1. THE DANGER IN HAPPINESS.--"Everything now turns out best for me, I now love every fate:--who would like to be my fate?"

From Beyond Good and Evil. I wondered if anyone could share some wisdom about this. In order to keep this from being removed for opinion-based, any interpretation should be backed by some credible reference or body of work.

My personal take is that he is pointing to the dangers of self-centered happiness, but I couldn’t find any other reference outside of my own head. In fact, when searching for any insight on any of his aphorisms in Beyond Good and Evil, I find the resources available painfully limited, especially given the vast amount available on other Nietzsche work.

Essentially, my request is for an explanation of the above quote or for a reference to an explanation.

  • Perhaps there are those who would covet any happiness you might have. Like your gold and other valuables you hold dear, best to keep it under lock and key.
    – Bread
    Jan 20, 2019 at 20:11
  • Sounds a lot like positive thinking. A trashcan idea. But it might be a sarcasm, who knows?
    – rus9384
    Jan 21, 2019 at 4:00
  • @rus9384 Can you elaborate? I read it as a condemnation.
    – dgo
    Jan 21, 2019 at 20:26
  • @dgo Well, positive thinking is to think that everything is good whatever happens. Even an apocalypse. A nonsensical idea. This phrase seems to promote that idea. But I am not even sure Nietzsche was serious here. Does not seem to match his other philosophy.
    – rus9384
    Jan 21, 2019 at 21:22
  • @rus9384 That’s interesting. I don’t read it that way at all, but I appreciate your comment nonetheless.
    – dgo
    Jan 22, 2019 at 13:27

1 Answer 1


Actually, this is quite easy to understand, especially if you take slightly bigger excerpt from Chapter 4 like bellow.

As usual in his works, Nietzsche is fighting against spirit of content, seeking of peace, slave mentality, priestly morality of obeying (monk morality), modesty, humility . It is well known that Nietzsche was seeking road to Übermensch. For Nietzsche (and for Übermensch) life was a struggle to improve himself and gain more power (Will to power).

Therefore, for Nietzsche, happiness was not to have easy life, life without struggle ("Everything now turns out best for me") and to stoically accept and be content with anything ("I now love every fate"). Instead, happiness was to have passion and strength to meet life's obstacles and overcome them, thus becoming better. It is compatible with his famous maxim What does not kill me makes me stronger.

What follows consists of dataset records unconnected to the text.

//! The caller of one frame.
ghost use Rattle.std.specs.Prelude.{◌≡◌, ◌≤◌, OnErr, length, map};
ghost use Rattle.cfi_read_core.specs.Addresses.{IsAddressSize};
ghost use Rattle.cfi_step.specs.Steps.{row_address};
ghost use Rattle.cfi_c.specs.AddressRows.{is_live};
ghost use Rattle.cfi_c.specs.PassedRegisters.{known_value};
ghost use Rattle.cfi_c.specs.SteppedFrames.{IsHeldStep, IsPassedStep, IsStepWith, IsStepped};
ghost use Rattle.cfi_c.specs.SteppedFrames.{caller_after, caller_or, end_after, function_after};

use crate::context::{CfiContext, Context};
use crate::debug_frame::step_in_debug_frame;
use crate::end::{CfiEnd, end_by, no_context, unsized_end};
use crate::function::{CfiFunction, written_function};
use crate::memory::{CfiMemory, abi_in};
use crate::module::{CfiModule, is_debug_frame, loaded_of};
use crate::register::{CfiValue, FEW, first_registers, write_registers, write_values};
use crate::section::is_sized;
use cfi_step::{
    AddressSize, Caller, Frame, FrameError, FunctionStep, row_address, step_in_function,
};
use std::alloc::Global;
use std::mem;

/// The caller of a frame.
#[repr(C)]
#[derive(Clone, Copy)]
pub struct CfiCaller {
    /// The canonical frame address of the frame.
    pub cfa: u64,
    /// The pc of the caller; 0 if the frame is the outermost one.
    pub pc: u64,
    /// How many bytes of arguments the frame itself has pushed.
    pub args_size: u64,
    /// Whether a signal interrupted the caller at the pc.
    pub is_interrupted: bool,
}

/// Writes the caller of a frame in the code of a module, its registers, and what the FDE says of
/// the frame's function. Registers from 256 on are not read, and not known of the caller.
///
/// Returns the kind of the end: `NONE` if there is a caller, 0 if the frame is the outermost one,
/// else why no caller is found. In the last case neither the caller nor its registers are written.
/// Without a context, or if the address size is not 1, 2, 4 or 8, there is no step. If there is no
/// FDE, the function is all 0. Does not allocate.
#[unsafe(no_mangle)]
pub extern "C" fn cfi_step(
    alloc: Global,
    context: &mut CfiContext,
    module: &CfiModule<'_>,
    memory: &CfiMemory<'_>,
    pc: u64,
    is_interrupted: bool,
    registers: &[CfiValue],
    caller_registers: &mut [CfiValue],
    function: &mut CfiFunction,
    caller: &mut CfiCaller,
    end: &mut CfiEnd,
) -> u32
    ensures stepped { IsStepped context.old.live module.now memory.now
        (row_address pc is_interrupted) registers.now caller_registers.old caller_registers.new
        function.new caller.old caller.new end.new }
    ensures kind { result ≡ end.new.kind }
    ensures kept { context.new.live ≡ context.old.live }
{
    let mut held = mem::replace(context, CfiContext::of(alloc, None)).into_box();
    let address = row_address(pc, is_interrupted);
    let step = step_held(
        &mut held,
        module,
        memory,
        address,
        registers,
        caller_registers,
    );
    *context = CfiContext::of(alloc, held);
    *function = function_after(step);
    *caller = caller_after(*caller, step);
    *end = end_after(step);
    end.kind
}

/// The step with the context that is held, if the size of an address is one; or why there is none.
fn step_held(
    held: &mut Option<Box<Context>>,
    module: &CfiModule<'_>,
    memory: &CfiMemory<'_>,
    address: u64,
    registers: &[CfiValue],
    caller_registers: &mut [CfiValue],
) -> Result<FunctionStep, CfiEnd>
    ensures step { IsHeldStep (is_live held.old) module.now memory.now address registers.now
        caller_registers.old caller_registers.new result }
    ensures kept { is_live held.new ≡ is_live held.old }
{
    let Some(context) = held else {
        return Err(no_context());
    };
    if !is_sized(memory.address_size) {
        return Err(unsized_end(memory.address_size));
    }
    let registers = first_registers(registers);
    let step = step_by_values(
        context.as_mut(),
        module,
        memory,
        address,
        registers,
        caller_registers,
    );
    Ok(step)
}

/// The step from a frame with these values of registers. Writes those of the caller.
///
/// Few registers, as those of x86-64, take little of the stack, which a signal handler may have
/// little of.
fn step_by_values(
    context: &mut Context,
    module: &CfiModule<'_>,
    memory: &CfiMemory<'_>,
    address: u64,
    registers: &[CfiValue],
    caller_registers: &mut [CfiValue],
) -> FunctionStep
    requires size { IsAddressSize memory.now.address_size }
    requires room { length registers.now ≤ 256 }
    ensures step { IsStepWith module.now memory.now address (map known_value registers.now)
        result caller_registers.new }
    ensures unwritten { OnErr result.caller (caller_registers.new ≡ caller_registers.old) }
{
    if registers.len() <= FEW && caller_registers.len() <= FEW {
        step_by_few(
            context,
            module,
            memory,
            address,
            registers,
            caller_registers,
        )
    } else {
        step_by_many(
            context,
            module,
            memory,
            address,
            registers,
            caller_registers,
        )
    }
}

/// The same for at most 32 registers.
#[inline(never)]
fn step_by_few(
    context: &mut Context,
    module: &CfiModule<'_>,
    memory: &CfiMemory<'_>,
    address: u64,
    registers: &[CfiValue],
    caller_registers: &mut [CfiValue],
) -> FunctionStep
    requires size { IsAddressSize memory.now.address_size }
    requires room { length registers.now ≤ 32 }
    requires caller_room { length caller_registers.old ≤ 32 }
    ensures step { IsStepWith module.now memory.now address (map known_value registers.now)
        result caller_registers.new }
    ensures unwritten { OnErr result.caller (caller_registers.new ≡ caller_registers.old) }
{
    let mut known = [None; FEW];
    let mut found = [None; FEW];
    let known = &mut known[..registers.len()];
    let found = &mut found[..caller_registers.len()];
    write_values(registers, known);
    let step = step_from(context, module, memory, address, known, found);
    if step.caller.is_ok() {
        write_registers(found, caller_registers);
    }
    step
}

/// The same for any number of them.
#[inline(never)]
fn step_by_many(
    context: &mut Context,
    module: &CfiModule<'_>,
    memory: &CfiMemory<'_>,
    address: u64,
    registers: &[CfiValue],
    caller_registers: &mut [CfiValue],
) -> FunctionStep
    requires size { IsAddressSize memory.now.address_size }
    requires room { length registers.now ≤ 256 }
    ensures step { IsStepWith module.now memory.now address (map known_value registers.now)
        result caller_registers.new }
    ensures unwritten { OnErr result.caller (caller_registers.new ≡ caller_registers.old) }
{
    let mut known = [None; 256];
    let mut found = [None; 256];
    let known = &mut known[..registers.len()];
    let found = &mut found[..caller_registers.len().min(256)];
    write_values(registers, known);
    let step = step_from(context, module, memory, address, known, found);
    if step.caller.is_ok() {
        write_registers(found, caller_registers);
    }
    step
}

/// The step from a frame with these registers.
fn step_from(
    context: &mut Context,
    module: &CfiModule<'_>,
    memory: &CfiMemory<'_>,
    address: u64,
    registers: &[Option<u64>],
    caller: &mut [Option<u64>],
) -> FunctionStep
    requires size { IsAddressSize memory.now.address_size }
    requires room { length caller.old ≤ 0x10000 }
    ensures { IsPassedStep module.now memory.now address registers.now result caller.new }
{
    let size = memory.address_size;
    let frame = Frame {
        registers,
        memory,
        address_size: AddressSize::new(size),
    };
    let abi = abi_in(memory);
    if is_debug_frame(module) {
        return step_in_debug_frame(module, context, address, &abi, &frame, caller);
    }
    let loaded = loaded_of(module, size);
    step_in_function(&loaded, context, address, &abi, &frame, caller)
}

/// What the FDE says of the function, after a step.
fn function_after(step: Result<FunctionStep, CfiEnd>) -> CfiFunction
    ensures { result ≡ function_after step }
{
    match step {
        Ok(step) => written_function(step.function),
        Err(_end) => written_function(None),
    }
}

/// What is written of the caller, after a step.
fn caller_after(old: CfiCaller, step: Result<FunctionStep, CfiEnd>) -> CfiCaller
    ensures { result ≡ caller_after old step }
{
    match step {
        Ok(step) => caller_or(old, step.caller),
        Err(_end) => old,
    }
}

/// Why there is no caller, after a step; or that there is one.
fn end_after(step: Result<FunctionStep, CfiEnd>) -> CfiEnd
    ensures { result ≡ end_after step }
{
    match step {
        Ok(step) => end_by(step.caller),
        Err(end) => end,
    }
}

/// The caller as C sees it, if one is found.
pub fn caller_or(old: CfiCaller, caller: Result<Caller, FrameError>) -> CfiCaller
    ensures { result ≡ caller_or old caller }
{
    match caller {
        Ok(caller) => CfiCaller {
            cfa: caller.cfa,
            pc: caller.pc.unwrap_or(0),
            args_size: caller.args_size,
            is_interrupted: caller.is_interrupted,
        },
        Err(_error) => old,
    }
}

  1. THE DISAPPOINTED ONE SPEAKS--"I listened for the echo and I heard only praise".

  2. We all feign to ourselves that we are simpler than we are, we thus relax ourselves away from our fellows.

  3. A discerning one might easily regard himself at present as the animalization of God.

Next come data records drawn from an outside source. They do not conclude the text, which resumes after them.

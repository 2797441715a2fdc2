//! Memory in several windows, as C passes it.
ghost use Rattle.std.specs.Prelude.{◌≡◌, option_map};
ghost use Rattle.cfi_read_core.specs.Addresses.{IsAddressSize};
ghost use Rattle.cfi_read_core.specs.ByteOrder.{is_big};
ghost use Rattle.cfi_read_core.specs.SliceReaders.{slice_over, slice_position};
ghost use Rattle.cfi_expression.specs.Arithmetic.{displaced};
ghost use Rattle.cfi_c.specs.PassedMemories.{abi_in, bytes_in, bytes_in_window, number_in_window};

use cfi_elf::bytes::part;
use cfi_step::{Abi, Memory, Window};
use gimli_cfi::{EndianSlice, ReaderAddress, Register, RunTimeEndian};

/// Some bytes of memory.
#[repr(C)]
pub struct CfiWindow<'a> {
    /// The address of the first byte.
    pub base: u64,
    pub bytes: &'a [u8],
}

/// Memory, as far as it is there, and what the ABI says of frames.
#[repr(C)]
pub struct CfiMemory<'a> {
    /// In any order. A number is read of the first that has all its bytes.
    pub windows: &'a [CfiWindow<'a>],
    /// The bits of a return address that hold its signature; 0 if none is signed.
    pub signature_mask: u64,
    /// How many operations an expression may do.
    pub max_iterations: u32,
    /// The number of the register that is the stack pointer.
    pub stack_pointer: u16,
    pub big_endian: bool,
    /// 1, 2, 4 or 8.
    pub address_size: u8,
}

impl Memory for CfiMemory<'_> {
    ghost use Rattle.cfi_c.specs.PassedMemories.{number_in_memory};

    ghost number_at = { number_in_memory };

    fn read(&self, address: u64, size: u8) -> Option<u64> {
        for window in self.windows {
            let number = read_in(window, self.big_endian, address, size);
            if number.is_some() {
                return number;
            }
        }
        None
    }
}

/// The number at an address, if the window has all its bytes.
fn read_in(window: &CfiWindow<'_>, big_endian: bool, address: u64, size: u8) -> Option<u64>
    requires { IsAddressSize size }
    ensures { result ≡ number_in_window big_endian window.now address size }
{
    window_over(window.base, window.bytes, big_endian).read(address, size)
}

/// The bytes from an address on as memory, in which numbers have this order.
#[inline(always)]
pub fn window_over<'a>(
    base: u64,
    bytes: &'a [u8],
    big_endian: bool,
) -> Window<EndianSlice<'a, RunTimeEndian>>
    ensures base { result.base ≡ base }
    ensures bytes { slice_position is_big result.bytes ≡ slice_over bytes.now big_endian }
{
    let endian = if big_endian {
        RunTimeEndian::Big
    } else {
        RunTimeEndian::Little
    };
    Window {
        base,
        bytes: EndianSlice::new(bytes, endian),
    }
}

/// What the ABI says.
pub fn abi_in(memory: &CfiMemory<'_>) -> Abi
    ensures { result ≡ abi_in memory.now }
{
    Abi {
        stack_pointer: Register(memory.stack_pointer),
        signature_mask: memory.signature_mask,
        max_iterations: memory.max_iterations,
    }
}

/// So many bytes at an address, of the first window that has them all.
pub fn bytes_in<'a>(windows: &[CfiWindow<'a>], address: u64, size: u64) -> Option<&'a [u8]>
    ensures { option_map (λ bytes. bytes.now) result ≡ bytes_in address size windows.now }
{
    for window in windows {
        if let Some(bytes) = bytes_in_window(window, address, size) {
            return Some(bytes);
        }
    }
    None
}

/// The same, of this window.
fn bytes_in_window<'a>(window: &CfiWindow<'a>, address: u64, size: u64) -> Option<&'a [u8]>
    ensures { option_map (λ bytes. bytes.now) result ≡ bytes_in_window address size window.now }
{
    if address < window.base {
        return None;
    }
    part(window.bytes, address - window.base, size)
}

/// An address plus a number with a sign, modulo the size.
#[inline(always)]
pub fn displaced(address: u64, offset: i64, size: u8) -> u64
    requires { IsAddressSize size }
    ensures { result ≡ displaced size address offset }
{
    address.wrapping_add_sized(offset.cast_unsigned(), size)
}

  4. Discovering reciprocal love should really disenchant the lover with regard to the beloved. "What! She is modest enough to love even you? Or stupid enough? Or--or---"

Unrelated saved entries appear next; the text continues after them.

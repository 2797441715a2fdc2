//! The registers of a frame, as C passes and gets them.
ghost use Rattle.std.specs.Prelude.{◌≡◌, ◌≤◌, length, map, take};
ghost use Rattle.cfi_c.specs.PassedRegisters.{AreValues, known_value, written_value};

/// For so many registers little of the stack is taken.
pub const FEW: usize = 32;

/// The value of a register, if it is known.
#[repr(C)]
#[derive(Clone, Copy)]
pub struct CfiValue {
    pub value: u64,
    pub known: bool,
}

/// The value of the register.
pub fn known_value(register: CfiValue) -> Option<u64>
    ensures { result ≡ known_value register }
{
    if register.known {
        Some(register.value)
    } else {
        None
    }
}

/// Writes the values of the registers.
pub fn write_values(registers: &[CfiValue], values: &mut [Option<u64>])
    requires { length values.old ≡ length registers.now }
    ensures { values.new ≡ map known_value registers.now }
{
    for k in 0..values.len() {
        values[k] = known_value(registers[k]);
    }
}

/// The registers for which there is room.
pub fn first_registers(registers: &[CfiValue]) -> &[CfiValue]
    ensures first { result.now ≡ take 256 registers.now }
    ensures room { length result.now ≤ 256 }
{
    if registers.len() > 256 {
        &registers[..256]
    } else {
        registers
    }
}

/// The value of a register as C sees it.
pub fn written_value(value: Option<u64>) -> CfiValue
    ensures { result ≡ written_value value }
{
    match value {
        Some(value) => CfiValue { value, known: true },
        None => CfiValue {
            value: 0,
            known: false,
        },
    }
}

/// Writes the values of the caller's registers.
pub fn write_registers(found: &[Option<u64>], registers: &mut [CfiValue])
    ensures { AreValues found.now registers.new }
{
    for k in 0..registers.len() {
        registers[k] = written_value(if k < found.len() { found[k] } else { None });
    }
}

  5. THE DANGER IN HAPPINESS.--"Everything now turns out best for me, I now love every fate:--who would like to be my fate?"

  6. Not their love of humanity, but the impotence of their love, prevents the Christians of today--burning us.

  7. The pia fraus is still more repugnant to the taste (the "piety") of the free spirit (the "pious man of knowledge") than the impia fraus. Hence the profound lack of judgment, in comparison with the Church, characteristic of the type "free spirit"--as ITS non-freedom.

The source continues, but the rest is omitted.